▶ _PROBLEM STATEMENT_
Check every line of the entries for "topmost", and copy the lines that hold it.

▶ _DATA SUPPLIED_
----------

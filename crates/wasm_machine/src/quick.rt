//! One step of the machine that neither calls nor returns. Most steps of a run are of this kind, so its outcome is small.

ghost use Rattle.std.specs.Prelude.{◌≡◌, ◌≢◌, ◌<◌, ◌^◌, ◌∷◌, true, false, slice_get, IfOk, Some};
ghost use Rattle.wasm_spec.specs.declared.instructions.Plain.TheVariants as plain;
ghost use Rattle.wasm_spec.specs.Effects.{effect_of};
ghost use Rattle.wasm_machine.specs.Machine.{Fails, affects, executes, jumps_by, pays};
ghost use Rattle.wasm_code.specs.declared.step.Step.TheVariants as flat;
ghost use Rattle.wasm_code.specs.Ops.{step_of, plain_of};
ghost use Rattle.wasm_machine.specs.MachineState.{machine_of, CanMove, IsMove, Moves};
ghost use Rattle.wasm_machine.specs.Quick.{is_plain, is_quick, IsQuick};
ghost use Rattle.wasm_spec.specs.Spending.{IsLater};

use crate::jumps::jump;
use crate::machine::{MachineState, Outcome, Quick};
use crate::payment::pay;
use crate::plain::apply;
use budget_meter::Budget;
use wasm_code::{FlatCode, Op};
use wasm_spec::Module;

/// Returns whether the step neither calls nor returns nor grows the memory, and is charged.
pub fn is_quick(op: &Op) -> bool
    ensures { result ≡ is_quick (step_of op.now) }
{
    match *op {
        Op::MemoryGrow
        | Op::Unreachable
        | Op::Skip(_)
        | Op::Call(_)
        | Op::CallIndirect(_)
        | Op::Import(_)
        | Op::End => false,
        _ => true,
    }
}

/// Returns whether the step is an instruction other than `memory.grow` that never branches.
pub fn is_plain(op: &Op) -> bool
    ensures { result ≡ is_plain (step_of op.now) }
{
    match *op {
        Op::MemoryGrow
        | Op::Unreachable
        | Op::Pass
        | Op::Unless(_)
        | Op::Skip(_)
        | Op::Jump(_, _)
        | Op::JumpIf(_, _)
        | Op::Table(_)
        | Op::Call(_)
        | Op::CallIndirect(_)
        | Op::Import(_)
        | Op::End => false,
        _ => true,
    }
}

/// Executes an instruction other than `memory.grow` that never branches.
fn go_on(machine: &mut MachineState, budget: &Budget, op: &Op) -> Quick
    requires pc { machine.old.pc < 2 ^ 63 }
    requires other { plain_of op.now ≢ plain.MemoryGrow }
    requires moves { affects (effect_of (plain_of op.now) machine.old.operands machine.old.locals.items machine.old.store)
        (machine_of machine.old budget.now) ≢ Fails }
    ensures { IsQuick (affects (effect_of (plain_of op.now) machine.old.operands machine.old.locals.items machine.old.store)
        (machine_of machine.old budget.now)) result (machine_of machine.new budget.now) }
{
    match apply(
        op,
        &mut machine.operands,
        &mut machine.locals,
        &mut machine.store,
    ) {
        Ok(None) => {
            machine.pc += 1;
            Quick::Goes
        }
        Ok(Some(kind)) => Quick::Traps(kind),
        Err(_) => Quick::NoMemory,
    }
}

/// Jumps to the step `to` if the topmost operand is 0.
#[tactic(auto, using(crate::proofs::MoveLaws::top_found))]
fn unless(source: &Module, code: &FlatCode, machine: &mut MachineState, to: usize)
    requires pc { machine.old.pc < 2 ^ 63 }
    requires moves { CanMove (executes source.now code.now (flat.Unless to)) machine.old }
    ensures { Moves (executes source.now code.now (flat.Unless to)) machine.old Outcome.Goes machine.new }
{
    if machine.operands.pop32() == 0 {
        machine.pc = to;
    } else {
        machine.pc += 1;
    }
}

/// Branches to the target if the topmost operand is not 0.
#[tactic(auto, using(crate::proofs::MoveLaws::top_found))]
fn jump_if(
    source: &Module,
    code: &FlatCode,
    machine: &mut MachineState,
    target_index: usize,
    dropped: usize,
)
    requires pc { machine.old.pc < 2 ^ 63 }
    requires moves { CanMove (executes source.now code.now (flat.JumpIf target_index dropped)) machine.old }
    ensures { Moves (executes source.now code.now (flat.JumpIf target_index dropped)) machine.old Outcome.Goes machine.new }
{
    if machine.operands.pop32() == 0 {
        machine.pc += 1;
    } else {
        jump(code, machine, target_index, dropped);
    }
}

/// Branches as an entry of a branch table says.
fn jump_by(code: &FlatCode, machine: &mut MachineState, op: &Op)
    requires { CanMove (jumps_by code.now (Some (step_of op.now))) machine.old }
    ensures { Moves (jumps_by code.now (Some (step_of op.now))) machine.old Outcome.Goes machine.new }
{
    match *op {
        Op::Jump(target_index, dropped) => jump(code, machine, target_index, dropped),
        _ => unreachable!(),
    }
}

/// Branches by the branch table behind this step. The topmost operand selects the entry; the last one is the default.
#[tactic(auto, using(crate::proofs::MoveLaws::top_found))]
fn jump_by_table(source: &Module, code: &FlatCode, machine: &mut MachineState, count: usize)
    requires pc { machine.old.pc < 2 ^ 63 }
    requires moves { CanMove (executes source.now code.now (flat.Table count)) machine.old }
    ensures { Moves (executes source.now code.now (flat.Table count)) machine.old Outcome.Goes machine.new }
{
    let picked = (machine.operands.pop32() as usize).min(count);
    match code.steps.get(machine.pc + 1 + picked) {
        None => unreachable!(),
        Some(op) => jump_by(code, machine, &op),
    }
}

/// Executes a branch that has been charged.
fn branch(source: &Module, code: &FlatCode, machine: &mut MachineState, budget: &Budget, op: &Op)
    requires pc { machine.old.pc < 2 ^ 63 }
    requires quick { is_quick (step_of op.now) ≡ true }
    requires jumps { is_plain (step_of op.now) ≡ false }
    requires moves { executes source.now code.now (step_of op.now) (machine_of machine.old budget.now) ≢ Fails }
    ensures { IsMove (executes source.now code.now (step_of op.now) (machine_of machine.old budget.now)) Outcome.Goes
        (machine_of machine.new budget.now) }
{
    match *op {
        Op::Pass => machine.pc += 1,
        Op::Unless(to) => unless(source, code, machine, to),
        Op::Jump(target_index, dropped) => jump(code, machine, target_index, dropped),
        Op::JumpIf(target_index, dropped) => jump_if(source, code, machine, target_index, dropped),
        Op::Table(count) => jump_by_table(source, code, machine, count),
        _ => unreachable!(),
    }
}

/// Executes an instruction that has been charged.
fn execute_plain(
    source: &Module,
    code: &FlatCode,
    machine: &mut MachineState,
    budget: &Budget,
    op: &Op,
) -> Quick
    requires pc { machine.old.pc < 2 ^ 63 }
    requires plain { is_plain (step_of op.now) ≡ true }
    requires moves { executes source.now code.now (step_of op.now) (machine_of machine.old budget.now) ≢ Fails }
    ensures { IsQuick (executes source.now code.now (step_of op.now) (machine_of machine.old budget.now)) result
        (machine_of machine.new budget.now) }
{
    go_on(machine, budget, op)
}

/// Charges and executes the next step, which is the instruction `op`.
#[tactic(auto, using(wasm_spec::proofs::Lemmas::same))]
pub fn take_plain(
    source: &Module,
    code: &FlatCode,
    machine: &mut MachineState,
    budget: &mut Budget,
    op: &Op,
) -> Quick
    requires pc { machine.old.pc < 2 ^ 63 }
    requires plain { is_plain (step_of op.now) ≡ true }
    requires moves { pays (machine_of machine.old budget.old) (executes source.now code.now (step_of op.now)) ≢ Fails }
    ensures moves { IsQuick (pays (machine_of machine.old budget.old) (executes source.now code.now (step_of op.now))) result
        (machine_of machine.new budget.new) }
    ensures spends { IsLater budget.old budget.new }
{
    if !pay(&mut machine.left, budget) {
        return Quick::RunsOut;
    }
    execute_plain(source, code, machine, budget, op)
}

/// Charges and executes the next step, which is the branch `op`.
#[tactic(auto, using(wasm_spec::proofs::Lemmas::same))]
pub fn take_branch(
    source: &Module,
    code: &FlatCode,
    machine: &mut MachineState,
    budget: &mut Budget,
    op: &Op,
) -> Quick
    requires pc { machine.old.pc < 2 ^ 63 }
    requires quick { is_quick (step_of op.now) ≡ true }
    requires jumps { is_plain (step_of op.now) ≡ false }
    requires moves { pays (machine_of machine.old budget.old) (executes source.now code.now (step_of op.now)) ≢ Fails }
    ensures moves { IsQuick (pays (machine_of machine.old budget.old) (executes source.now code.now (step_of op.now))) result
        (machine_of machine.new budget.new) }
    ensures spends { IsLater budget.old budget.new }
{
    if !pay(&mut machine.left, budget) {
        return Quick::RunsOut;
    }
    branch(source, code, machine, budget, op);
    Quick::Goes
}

----------

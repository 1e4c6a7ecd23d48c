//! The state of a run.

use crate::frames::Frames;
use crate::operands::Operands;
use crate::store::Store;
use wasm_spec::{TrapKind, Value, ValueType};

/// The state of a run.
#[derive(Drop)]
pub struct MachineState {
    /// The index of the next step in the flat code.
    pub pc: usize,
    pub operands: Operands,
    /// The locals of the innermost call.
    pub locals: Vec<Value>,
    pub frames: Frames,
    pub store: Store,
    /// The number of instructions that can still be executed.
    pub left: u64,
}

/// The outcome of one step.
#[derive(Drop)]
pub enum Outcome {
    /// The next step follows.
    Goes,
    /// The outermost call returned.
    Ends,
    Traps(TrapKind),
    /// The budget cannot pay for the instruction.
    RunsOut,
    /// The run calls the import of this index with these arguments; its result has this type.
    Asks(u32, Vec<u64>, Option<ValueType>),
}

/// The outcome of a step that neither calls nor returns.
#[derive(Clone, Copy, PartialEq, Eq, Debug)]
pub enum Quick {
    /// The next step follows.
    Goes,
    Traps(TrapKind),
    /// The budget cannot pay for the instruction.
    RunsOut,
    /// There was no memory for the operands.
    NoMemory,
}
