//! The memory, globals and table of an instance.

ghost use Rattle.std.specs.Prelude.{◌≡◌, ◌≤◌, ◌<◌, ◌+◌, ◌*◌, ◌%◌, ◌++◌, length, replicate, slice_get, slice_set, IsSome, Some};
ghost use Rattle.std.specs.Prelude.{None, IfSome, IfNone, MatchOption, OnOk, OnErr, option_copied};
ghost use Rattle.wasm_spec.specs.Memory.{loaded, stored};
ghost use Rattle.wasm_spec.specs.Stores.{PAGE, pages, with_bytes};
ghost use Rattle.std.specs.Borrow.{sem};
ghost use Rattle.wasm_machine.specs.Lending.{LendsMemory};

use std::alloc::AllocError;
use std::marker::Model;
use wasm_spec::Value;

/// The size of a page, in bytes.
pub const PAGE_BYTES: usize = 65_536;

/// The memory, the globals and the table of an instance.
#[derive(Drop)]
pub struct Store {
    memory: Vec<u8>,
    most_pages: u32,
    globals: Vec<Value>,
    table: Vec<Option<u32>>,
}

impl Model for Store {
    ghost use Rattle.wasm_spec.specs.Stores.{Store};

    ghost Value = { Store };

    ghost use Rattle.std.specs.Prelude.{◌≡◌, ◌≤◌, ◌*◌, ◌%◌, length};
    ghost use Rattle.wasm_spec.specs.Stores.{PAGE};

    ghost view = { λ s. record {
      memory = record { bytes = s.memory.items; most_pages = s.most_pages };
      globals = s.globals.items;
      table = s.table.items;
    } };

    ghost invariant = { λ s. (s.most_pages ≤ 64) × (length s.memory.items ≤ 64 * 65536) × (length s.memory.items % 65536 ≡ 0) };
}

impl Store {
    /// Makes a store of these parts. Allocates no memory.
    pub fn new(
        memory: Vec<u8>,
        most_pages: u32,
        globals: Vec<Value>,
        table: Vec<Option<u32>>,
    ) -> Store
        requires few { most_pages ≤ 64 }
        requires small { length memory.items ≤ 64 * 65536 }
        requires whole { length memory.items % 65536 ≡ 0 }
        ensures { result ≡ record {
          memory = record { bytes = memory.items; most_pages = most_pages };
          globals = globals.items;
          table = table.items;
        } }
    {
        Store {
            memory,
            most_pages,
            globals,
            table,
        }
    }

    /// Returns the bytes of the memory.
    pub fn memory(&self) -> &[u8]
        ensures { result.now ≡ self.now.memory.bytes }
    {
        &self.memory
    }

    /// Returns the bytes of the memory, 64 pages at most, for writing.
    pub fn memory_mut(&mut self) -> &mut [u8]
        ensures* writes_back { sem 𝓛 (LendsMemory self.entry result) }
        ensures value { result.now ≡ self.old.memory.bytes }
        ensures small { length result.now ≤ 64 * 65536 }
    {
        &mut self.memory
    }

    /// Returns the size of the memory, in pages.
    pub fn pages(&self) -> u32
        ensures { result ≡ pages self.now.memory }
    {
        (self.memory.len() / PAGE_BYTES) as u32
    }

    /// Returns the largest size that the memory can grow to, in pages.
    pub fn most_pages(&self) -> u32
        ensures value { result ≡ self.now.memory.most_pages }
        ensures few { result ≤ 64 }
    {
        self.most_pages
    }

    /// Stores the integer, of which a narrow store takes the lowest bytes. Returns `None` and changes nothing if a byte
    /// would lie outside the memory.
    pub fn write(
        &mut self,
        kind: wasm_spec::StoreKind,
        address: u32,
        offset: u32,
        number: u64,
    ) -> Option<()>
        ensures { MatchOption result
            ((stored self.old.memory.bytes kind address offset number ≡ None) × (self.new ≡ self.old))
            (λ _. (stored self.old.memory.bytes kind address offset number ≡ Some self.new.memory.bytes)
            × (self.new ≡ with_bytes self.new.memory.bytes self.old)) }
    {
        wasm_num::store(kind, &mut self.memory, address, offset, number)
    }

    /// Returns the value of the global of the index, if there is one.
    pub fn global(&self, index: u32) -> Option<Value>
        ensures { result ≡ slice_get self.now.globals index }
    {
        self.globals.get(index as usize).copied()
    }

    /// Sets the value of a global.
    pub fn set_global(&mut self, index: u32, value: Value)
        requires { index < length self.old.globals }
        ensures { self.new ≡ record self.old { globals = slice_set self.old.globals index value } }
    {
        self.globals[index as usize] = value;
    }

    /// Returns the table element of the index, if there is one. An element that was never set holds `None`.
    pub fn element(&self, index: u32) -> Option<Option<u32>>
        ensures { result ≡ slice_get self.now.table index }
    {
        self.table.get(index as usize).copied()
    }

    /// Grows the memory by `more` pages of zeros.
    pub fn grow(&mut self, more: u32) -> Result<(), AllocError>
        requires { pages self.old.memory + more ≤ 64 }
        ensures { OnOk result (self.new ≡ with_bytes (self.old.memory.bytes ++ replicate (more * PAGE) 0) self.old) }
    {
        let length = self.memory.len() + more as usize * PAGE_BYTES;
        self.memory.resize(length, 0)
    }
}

----------

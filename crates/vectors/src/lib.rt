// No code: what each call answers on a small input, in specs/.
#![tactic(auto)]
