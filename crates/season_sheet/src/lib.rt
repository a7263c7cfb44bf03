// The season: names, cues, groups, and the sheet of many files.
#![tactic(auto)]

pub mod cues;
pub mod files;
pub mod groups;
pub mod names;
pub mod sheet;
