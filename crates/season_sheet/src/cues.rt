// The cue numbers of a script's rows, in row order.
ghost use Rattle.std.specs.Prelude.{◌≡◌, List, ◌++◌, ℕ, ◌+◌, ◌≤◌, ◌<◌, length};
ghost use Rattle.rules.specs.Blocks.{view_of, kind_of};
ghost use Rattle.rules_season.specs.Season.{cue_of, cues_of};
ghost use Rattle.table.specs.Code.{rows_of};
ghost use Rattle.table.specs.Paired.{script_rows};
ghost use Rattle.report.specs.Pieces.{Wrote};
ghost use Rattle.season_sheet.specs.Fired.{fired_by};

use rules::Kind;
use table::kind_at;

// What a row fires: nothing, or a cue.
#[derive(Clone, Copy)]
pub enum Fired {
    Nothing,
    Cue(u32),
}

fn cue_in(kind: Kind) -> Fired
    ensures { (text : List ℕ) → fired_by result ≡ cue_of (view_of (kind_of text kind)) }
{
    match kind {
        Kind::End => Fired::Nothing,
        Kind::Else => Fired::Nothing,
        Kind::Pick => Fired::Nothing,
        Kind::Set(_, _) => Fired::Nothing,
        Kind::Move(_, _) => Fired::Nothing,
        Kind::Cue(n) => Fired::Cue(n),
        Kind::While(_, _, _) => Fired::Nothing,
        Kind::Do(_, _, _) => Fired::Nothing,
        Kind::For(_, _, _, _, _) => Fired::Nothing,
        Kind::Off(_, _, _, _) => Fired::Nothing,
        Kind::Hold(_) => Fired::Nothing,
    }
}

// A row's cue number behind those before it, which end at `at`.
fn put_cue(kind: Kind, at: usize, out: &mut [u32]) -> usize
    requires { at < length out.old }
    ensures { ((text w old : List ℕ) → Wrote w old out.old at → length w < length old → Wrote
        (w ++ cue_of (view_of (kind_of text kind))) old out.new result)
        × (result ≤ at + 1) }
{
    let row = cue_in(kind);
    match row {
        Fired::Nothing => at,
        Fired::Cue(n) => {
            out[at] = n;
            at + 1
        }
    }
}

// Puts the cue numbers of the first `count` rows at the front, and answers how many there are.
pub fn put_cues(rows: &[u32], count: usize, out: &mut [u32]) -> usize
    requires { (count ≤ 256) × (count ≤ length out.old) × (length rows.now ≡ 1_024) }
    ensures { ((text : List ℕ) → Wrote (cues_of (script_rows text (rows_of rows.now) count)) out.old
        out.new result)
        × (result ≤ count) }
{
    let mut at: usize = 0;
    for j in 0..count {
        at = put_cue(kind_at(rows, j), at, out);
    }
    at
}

----------

▶ _TASK RESULT_
/// Jumps to the step `to` if the topmost operand is 0.
/// Branches to the target if the topmost operand is not 0.
/// Branches by the branch table behind this step. The topmost operand selects the entry; the last one is the default.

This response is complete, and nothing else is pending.